Newspapers in France, Germany, Spain and Italy yesterday reprinted caricatures of the prophet Muhammad, escalating a row over freedom of expression which has caused protest across the Middle East. France Soir and Germany’s Die Welt published cartoons which first appeared in a Danish newspaper, although the French paper later apologised and apparently sacked its managing editor. The cartoons include one showing a bearded Muhammad with a bomb fizzing out of his turban.

Guardian, 2 February 2006

The Guardian includes an excerpt from an article in France Soir defending the decision to publish the cartoons, on the basis of exercising “freedom of expression in a secular country”. In this connection, the IRR website has an interesting article from the forthcoming issue of Race & Class which demolishes the rosy view of French secularism held by some people on the Left:

“Some of the roots of the recent unrest in France unquestionably lie in the country’s hysterical obsession with secularism and an associated state-sanctioned Islamophobia. The separation of religion and state is one of those valeurs républicaines (Republican values) which everyone has been referring to since ‘les émeutes‘. But secularism in France seems to be going horribly wrong. Indeed, la laïcité (secularism) seems to have become a form of fundamentalism itself which discriminates against the country’s Muslims. Numerous politicians and intellectuals claim that Islam, France’s second religion, is incompatible with les valeurs républicaines.”

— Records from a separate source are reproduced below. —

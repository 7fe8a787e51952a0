//! The rules that a payload or a node can break, by their numbers: `rule` of `Refused` is one of these.

/// A payload of a kind that is not due in the phase.
pub const WRONG_KIND: u16 = 1;
/// A payload of a kind that is due, from a port of a role from which it is not.
pub const WRONG_ROLE: u16 = 2;
/// No such forest, or more neighbours of higher identifier than forests.
pub const FOREST_RANGE: u16 = 3;
/// No such identifier or colour, or no colour is free.
pub const COLOUR_RANGE: u16 = 4;
/// No payload from a port from which one is due.
pub const MISSING: u16 = 5;
/// A payload after the last pulse.
pub const AFTER_HALT: u16 = 6;

// The numbers that the pages name.
const _: () = prove!(
    WRONG_KIND == 1
        && WRONG_ROLE == 2
        && FOREST_RANGE == 3
        && COLOUR_RANGE == 4
        && MISSING == 5
        && AFTER_HALT == 6
);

The BNP have also published some of the cartoons on their site, assuring their followers that “we certainly will not be grovelling to anyone who cannot tolerate important western democratic values such as freedom of speech, freedom of expression and those who fail to appreciate a sense of humour”. Ah, the famed BNP sense of humour, manifested in waggish remarks about blowing up Bradford’s mosques with a rocket launcher.

BNP website, 2 February 2006

French judge bars far-right group’s pork soup plan

A top French judge ruled that an extreme-right group cannot serve pork soup to the needy, saying the charitable handouts aim to discriminate against Muslims and Jews who don’t eat pork because of their faith.

Judge Christian Vigouroux of the Council of State, the country’s highest administrative body, said late Friday that such giveaways by the far-right group Solidarity of the French threaten public order. His ruling approved a decision by Paris police to refuse permits to the group on the grounds that such handouts could spark angry reactions.

France is home to more than 5 million Muslims and some 600,000 Jews. Both Islam and Judaism prohibit eating pork, and Vigouroux said the group had shown “a clearly discriminatory goal” with its charity.

Solidarity of the French was just one of several far-right groups that began distributing pork soup across France over the last four years. Critics contend the giveaway of pork soup is a far-right ploy to draw support for their efforts to defend against perceived threats to European culture.

Far-right groups defend the soup as nothing more than an age-old staple of the rural heartland from which all the French, at least in the national imagination, are said to spring. “Pork-fat soup is traditionally the soup of the poor because it provides complete nourishment,” said Bruno Le Griel, a lawyer for the group.

Le Griel argued that no one was forced to consume the pork soup. But the judge said the group’s Web site indicated it was a policy to refuse dessert to anyone who did not eat some soup first.